What is needed.
Search the records below for the word "error", then return every line where it appears.

--------------------------------

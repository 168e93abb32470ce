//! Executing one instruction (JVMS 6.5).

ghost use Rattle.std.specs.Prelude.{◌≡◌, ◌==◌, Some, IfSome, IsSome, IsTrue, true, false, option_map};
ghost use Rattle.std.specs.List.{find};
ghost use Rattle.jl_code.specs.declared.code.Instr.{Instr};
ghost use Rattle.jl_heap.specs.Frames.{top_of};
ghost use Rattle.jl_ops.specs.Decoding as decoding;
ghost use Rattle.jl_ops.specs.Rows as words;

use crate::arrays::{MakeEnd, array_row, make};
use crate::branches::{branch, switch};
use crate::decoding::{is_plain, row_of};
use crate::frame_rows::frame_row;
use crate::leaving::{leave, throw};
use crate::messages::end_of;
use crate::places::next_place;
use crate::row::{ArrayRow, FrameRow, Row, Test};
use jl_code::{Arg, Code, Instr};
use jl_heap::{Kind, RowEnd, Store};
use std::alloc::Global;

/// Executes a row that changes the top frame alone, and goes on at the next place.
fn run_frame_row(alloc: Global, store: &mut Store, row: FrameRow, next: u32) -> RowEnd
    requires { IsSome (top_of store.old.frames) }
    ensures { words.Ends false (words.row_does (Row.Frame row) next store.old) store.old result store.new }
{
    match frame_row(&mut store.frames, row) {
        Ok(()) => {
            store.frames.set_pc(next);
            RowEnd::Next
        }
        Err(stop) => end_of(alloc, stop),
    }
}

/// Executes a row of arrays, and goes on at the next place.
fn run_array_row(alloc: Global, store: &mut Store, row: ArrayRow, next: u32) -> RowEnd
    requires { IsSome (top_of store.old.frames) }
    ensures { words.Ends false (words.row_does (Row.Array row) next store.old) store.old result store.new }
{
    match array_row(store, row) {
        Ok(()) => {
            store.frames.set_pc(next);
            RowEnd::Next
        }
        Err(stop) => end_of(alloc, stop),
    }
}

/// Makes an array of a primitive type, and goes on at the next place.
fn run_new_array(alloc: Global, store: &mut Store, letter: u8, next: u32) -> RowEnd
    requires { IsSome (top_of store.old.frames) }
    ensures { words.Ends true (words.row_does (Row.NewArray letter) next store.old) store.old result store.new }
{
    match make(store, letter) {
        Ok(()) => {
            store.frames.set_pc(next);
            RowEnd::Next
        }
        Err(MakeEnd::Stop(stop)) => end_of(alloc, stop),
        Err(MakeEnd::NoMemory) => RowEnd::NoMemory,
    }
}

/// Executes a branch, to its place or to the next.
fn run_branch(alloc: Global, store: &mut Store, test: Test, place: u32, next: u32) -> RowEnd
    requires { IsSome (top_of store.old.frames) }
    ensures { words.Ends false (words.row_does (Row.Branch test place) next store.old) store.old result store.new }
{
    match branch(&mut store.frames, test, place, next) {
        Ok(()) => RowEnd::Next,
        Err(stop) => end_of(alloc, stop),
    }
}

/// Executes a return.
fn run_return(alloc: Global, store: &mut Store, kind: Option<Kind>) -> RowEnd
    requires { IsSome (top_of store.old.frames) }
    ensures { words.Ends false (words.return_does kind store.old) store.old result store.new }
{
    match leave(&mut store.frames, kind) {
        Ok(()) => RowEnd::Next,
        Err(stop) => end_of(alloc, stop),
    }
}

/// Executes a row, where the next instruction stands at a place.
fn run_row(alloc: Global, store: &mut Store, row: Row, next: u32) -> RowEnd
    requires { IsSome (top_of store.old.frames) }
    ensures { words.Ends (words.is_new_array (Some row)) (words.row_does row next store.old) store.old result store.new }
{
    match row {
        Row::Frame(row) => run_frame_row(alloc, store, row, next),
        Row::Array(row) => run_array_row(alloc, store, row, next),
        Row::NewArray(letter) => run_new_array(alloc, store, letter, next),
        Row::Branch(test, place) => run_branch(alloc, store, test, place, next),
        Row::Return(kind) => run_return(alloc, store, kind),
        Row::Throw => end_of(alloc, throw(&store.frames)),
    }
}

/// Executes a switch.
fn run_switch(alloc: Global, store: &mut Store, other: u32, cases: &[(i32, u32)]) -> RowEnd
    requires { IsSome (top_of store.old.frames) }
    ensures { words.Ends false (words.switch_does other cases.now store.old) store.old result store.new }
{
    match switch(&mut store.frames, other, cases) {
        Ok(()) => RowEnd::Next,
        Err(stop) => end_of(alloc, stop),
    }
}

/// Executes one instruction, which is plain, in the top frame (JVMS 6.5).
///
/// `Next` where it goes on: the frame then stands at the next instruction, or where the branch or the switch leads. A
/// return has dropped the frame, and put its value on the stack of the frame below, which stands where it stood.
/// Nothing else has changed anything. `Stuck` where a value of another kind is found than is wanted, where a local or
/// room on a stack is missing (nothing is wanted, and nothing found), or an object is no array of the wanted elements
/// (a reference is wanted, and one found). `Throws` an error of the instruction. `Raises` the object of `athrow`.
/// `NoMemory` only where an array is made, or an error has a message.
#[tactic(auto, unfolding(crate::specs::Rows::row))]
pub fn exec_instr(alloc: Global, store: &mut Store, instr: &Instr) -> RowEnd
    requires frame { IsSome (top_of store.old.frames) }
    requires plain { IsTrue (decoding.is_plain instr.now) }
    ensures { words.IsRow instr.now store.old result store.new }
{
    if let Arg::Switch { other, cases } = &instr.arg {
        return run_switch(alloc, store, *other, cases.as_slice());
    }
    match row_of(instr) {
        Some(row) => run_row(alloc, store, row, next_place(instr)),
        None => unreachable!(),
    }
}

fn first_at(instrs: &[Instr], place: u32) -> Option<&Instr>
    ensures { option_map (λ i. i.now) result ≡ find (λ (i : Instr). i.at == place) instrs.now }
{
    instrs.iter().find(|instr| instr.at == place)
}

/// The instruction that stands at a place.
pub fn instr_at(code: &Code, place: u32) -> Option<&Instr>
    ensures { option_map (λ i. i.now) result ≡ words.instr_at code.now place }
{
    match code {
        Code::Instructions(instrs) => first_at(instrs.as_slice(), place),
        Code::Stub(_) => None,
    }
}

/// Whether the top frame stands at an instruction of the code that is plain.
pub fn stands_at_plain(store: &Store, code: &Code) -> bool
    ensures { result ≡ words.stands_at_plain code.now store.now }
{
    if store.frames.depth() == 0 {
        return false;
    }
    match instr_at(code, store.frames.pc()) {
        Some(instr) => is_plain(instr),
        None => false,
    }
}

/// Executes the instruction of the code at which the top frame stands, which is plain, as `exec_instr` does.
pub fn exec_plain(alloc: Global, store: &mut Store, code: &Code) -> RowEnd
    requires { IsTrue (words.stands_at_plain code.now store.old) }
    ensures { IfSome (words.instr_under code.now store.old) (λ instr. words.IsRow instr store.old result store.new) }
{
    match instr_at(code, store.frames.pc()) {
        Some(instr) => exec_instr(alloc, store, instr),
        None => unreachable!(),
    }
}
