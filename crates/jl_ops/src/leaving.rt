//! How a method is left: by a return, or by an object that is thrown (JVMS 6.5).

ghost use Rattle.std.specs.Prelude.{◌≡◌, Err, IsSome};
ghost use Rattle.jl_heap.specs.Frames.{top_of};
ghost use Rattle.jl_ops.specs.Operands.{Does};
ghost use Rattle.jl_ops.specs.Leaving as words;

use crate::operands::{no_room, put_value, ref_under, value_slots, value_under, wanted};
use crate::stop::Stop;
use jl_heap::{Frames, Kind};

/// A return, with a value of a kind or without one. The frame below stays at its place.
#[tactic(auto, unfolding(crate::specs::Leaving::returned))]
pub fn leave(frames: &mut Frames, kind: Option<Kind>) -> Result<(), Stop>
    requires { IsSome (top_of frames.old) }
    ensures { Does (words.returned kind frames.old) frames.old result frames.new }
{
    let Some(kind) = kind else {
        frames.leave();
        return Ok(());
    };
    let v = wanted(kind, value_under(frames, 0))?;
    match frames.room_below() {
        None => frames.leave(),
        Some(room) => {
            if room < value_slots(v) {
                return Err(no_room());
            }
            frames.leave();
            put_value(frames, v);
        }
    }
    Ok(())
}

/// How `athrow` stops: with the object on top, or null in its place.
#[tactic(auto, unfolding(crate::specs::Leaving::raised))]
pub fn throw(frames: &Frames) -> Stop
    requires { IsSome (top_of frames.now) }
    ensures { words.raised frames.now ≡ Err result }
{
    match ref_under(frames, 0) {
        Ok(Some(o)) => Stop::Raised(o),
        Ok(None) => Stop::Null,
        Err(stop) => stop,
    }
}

--------------------------------

Response to this task.
/// (a reference is wanted, and one found). `Throws` an error of the instruction. `Raises` the object of `athrow`.
/// `NoMemory` only where an array is made, or an error has a message.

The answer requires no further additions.